Within the entries below, the lines from the one with "pub use c_edf::CEdf;" through the one with "boosts of C-EDF are those of the model." are to be set down exactly, both ends kept.

(Stored data entries)
────────

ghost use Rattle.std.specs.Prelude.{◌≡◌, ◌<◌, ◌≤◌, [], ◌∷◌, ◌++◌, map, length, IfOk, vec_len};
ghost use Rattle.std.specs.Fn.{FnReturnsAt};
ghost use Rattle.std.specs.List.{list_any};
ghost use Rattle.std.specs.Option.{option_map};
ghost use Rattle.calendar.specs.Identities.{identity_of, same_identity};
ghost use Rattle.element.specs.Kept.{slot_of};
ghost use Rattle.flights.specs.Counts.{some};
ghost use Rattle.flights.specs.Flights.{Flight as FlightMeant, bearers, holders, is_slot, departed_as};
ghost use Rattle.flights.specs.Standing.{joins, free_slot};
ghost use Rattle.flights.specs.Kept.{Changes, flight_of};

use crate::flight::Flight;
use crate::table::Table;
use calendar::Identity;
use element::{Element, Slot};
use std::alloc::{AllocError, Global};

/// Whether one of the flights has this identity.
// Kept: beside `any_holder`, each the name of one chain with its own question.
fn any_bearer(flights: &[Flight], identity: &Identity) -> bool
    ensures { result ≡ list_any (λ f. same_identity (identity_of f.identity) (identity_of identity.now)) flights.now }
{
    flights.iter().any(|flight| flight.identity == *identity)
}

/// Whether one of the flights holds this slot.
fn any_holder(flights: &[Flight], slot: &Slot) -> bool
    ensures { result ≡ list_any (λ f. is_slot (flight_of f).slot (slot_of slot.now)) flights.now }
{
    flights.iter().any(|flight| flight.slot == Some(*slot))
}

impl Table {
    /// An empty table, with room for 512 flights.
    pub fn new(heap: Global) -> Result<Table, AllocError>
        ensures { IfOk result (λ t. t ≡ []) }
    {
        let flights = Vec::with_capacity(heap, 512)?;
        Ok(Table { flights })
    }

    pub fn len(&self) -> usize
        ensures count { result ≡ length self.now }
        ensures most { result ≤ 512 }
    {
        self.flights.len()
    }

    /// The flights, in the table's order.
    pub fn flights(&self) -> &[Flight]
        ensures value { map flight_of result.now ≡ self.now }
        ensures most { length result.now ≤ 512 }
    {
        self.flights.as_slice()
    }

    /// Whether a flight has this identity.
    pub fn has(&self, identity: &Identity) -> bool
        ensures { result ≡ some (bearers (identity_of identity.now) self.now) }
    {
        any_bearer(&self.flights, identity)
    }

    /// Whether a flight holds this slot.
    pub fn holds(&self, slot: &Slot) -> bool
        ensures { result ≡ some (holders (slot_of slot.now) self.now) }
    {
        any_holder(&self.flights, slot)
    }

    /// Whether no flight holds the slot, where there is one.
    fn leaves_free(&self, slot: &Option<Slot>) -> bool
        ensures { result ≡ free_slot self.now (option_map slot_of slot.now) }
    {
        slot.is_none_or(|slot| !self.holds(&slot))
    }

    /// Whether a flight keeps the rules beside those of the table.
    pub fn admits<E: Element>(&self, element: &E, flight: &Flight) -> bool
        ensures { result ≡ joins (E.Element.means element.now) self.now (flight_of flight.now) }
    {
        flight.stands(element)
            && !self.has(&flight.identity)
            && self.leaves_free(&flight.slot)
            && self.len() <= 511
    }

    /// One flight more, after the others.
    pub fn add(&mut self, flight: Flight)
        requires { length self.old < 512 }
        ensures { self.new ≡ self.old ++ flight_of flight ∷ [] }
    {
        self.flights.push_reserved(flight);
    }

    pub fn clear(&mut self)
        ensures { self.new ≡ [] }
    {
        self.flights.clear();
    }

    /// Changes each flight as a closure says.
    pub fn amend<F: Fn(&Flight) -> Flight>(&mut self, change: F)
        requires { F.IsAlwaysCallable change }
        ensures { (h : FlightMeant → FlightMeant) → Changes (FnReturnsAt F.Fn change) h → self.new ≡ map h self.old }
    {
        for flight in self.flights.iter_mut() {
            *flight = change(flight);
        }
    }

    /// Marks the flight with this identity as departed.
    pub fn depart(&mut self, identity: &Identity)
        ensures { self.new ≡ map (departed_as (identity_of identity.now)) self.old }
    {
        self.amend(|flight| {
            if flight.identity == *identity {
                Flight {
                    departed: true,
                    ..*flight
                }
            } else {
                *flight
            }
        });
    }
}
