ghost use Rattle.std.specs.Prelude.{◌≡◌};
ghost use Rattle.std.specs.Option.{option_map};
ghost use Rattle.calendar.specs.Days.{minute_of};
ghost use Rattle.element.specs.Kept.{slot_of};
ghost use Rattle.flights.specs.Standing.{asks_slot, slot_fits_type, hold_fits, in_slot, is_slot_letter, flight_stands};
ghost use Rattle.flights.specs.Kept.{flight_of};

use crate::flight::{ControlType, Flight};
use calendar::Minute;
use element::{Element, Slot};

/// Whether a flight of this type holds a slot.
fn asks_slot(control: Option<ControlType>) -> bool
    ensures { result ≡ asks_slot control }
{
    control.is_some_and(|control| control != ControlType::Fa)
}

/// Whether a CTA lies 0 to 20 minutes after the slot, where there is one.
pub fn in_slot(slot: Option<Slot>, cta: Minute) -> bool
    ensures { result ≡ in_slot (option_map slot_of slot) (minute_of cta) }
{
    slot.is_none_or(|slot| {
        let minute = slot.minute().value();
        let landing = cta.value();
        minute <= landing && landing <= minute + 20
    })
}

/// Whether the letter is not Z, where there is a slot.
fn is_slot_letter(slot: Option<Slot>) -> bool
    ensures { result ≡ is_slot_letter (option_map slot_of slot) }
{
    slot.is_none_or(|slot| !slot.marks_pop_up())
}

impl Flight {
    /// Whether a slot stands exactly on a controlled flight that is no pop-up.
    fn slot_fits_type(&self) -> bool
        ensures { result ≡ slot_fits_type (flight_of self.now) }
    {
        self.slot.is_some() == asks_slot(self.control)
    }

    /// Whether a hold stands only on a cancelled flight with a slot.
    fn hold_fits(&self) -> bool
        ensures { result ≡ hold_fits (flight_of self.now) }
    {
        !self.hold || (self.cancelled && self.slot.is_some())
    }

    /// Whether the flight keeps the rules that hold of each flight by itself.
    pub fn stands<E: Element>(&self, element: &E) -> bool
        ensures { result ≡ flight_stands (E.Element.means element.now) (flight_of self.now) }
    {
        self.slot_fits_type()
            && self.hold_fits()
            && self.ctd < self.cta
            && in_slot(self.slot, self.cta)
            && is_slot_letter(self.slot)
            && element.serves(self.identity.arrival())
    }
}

────────

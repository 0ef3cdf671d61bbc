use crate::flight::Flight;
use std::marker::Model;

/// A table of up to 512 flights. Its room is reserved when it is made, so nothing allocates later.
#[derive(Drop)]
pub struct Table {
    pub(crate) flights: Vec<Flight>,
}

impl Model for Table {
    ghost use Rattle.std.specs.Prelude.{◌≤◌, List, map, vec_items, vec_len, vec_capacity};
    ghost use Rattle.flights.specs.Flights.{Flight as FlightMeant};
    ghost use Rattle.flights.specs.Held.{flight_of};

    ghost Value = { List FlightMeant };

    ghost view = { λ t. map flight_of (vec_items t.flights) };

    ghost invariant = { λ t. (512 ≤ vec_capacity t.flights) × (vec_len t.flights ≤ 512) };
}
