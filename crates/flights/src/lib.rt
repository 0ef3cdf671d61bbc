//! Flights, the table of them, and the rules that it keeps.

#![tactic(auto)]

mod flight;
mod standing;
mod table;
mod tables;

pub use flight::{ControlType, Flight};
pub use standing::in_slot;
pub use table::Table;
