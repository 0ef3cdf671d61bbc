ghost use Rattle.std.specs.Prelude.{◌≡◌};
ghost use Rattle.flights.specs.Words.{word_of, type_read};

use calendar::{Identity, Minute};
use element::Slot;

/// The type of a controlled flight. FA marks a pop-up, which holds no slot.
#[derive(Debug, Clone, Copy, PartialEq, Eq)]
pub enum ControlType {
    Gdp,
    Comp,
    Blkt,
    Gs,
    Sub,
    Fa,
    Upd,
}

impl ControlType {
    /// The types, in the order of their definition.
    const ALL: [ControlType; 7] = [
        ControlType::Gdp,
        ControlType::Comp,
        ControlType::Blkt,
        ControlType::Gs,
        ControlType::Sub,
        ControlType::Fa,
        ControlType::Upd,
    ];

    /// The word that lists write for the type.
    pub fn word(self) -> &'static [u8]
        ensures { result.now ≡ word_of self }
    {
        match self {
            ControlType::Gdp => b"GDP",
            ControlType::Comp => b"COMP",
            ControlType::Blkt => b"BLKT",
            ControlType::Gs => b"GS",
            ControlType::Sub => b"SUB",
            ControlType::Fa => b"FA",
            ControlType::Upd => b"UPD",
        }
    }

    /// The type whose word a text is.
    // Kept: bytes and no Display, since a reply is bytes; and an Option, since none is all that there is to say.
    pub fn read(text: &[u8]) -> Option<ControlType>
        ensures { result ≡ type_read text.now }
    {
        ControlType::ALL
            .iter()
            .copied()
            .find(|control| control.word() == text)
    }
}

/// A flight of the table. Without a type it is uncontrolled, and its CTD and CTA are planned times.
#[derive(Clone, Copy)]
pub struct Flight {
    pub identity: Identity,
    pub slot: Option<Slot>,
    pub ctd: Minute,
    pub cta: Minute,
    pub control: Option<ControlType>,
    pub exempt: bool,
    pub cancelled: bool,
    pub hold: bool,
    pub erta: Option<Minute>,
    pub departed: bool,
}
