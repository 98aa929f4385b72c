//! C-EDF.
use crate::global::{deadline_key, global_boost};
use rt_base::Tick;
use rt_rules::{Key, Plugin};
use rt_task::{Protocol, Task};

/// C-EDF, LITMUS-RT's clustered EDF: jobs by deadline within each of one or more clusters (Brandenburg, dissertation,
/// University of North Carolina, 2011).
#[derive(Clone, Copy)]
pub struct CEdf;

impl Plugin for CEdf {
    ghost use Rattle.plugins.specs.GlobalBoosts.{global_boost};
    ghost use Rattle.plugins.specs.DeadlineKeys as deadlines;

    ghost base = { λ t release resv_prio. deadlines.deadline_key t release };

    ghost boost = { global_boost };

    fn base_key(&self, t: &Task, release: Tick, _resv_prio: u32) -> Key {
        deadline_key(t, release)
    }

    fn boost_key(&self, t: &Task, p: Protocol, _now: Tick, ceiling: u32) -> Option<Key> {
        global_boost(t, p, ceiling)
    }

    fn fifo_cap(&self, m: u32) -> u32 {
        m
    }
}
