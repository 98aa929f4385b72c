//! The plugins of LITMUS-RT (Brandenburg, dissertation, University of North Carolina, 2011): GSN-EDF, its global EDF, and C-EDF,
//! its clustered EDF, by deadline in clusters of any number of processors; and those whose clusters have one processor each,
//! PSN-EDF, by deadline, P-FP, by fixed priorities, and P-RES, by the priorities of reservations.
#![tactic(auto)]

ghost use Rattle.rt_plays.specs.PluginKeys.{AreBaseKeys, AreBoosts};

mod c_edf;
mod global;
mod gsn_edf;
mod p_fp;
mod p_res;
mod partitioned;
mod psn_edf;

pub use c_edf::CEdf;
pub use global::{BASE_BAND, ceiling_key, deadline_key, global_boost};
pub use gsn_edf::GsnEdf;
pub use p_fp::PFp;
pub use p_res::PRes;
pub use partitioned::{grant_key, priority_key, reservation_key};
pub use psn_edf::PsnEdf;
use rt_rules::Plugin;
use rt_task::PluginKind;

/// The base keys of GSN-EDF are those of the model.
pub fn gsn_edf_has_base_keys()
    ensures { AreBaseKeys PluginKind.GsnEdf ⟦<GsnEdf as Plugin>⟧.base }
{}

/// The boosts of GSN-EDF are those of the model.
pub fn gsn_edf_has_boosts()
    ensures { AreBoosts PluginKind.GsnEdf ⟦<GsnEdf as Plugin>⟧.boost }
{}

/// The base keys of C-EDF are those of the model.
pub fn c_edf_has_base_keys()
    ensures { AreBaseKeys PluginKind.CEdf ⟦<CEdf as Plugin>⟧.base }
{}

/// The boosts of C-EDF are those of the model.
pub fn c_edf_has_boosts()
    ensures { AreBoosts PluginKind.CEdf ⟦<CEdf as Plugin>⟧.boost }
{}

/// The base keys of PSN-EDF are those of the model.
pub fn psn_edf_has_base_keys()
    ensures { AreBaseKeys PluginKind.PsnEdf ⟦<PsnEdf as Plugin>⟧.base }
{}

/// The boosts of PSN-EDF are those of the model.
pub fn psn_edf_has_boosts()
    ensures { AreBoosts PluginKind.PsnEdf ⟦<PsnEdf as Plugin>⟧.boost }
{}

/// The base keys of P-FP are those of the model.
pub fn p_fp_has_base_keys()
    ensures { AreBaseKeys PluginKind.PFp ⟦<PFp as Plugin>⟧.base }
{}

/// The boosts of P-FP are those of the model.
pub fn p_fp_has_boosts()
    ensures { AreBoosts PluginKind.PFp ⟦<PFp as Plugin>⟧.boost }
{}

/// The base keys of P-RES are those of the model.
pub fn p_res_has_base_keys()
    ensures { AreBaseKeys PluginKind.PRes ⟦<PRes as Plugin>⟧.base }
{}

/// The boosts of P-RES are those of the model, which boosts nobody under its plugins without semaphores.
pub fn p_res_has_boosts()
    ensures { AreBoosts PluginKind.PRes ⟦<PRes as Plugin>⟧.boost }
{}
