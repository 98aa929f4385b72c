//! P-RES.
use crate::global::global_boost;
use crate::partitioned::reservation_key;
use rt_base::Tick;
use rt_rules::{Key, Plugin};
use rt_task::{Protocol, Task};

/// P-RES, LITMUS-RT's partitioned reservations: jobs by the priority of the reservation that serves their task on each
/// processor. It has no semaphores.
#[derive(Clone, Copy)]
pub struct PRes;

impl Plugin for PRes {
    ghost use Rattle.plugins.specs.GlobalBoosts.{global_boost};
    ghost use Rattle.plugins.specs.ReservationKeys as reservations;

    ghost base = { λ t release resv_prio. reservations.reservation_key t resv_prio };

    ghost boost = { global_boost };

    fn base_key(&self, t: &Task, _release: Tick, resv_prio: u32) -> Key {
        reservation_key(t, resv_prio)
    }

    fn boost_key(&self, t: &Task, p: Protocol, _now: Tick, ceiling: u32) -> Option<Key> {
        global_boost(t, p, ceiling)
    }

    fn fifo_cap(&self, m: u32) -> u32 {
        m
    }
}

────────

▸ **TASK OUTPUT**
pub use c_edf::CEdf;
pub use global::{BASE_BAND, ceiling_key, deadline_key, global_boost};
pub use gsn_edf::GsnEdf;
pub use p_fp::PFp;
pub use p_res::PRes;
pub use partitioned::{grant_key, priority_key, reservation_key};
pub use psn_edf::PsnEdf;
use rt_rules::Plugin;
use rt_task::PluginKind;

/// The base keys of GSN-EDF are those of the model.
pub fn gsn_edf_has_base_keys()
    ensures { AreBaseKeys PluginKind.GsnEdf ⟦<GsnEdf as Plugin>⟧.base }
{}

/// The boosts of GSN-EDF are those of the model.
pub fn gsn_edf_has_boosts()
    ensures { AreBoosts PluginKind.GsnEdf ⟦<GsnEdf as Plugin>⟧.boost }
{}

/// The base keys of C-EDF are those of the model.
pub fn c_edf_has_base_keys()
    ensures { AreBaseKeys PluginKind.CEdf ⟦<CEdf as Plugin>⟧.base }
{}

/// The boosts of C-EDF are those of the model.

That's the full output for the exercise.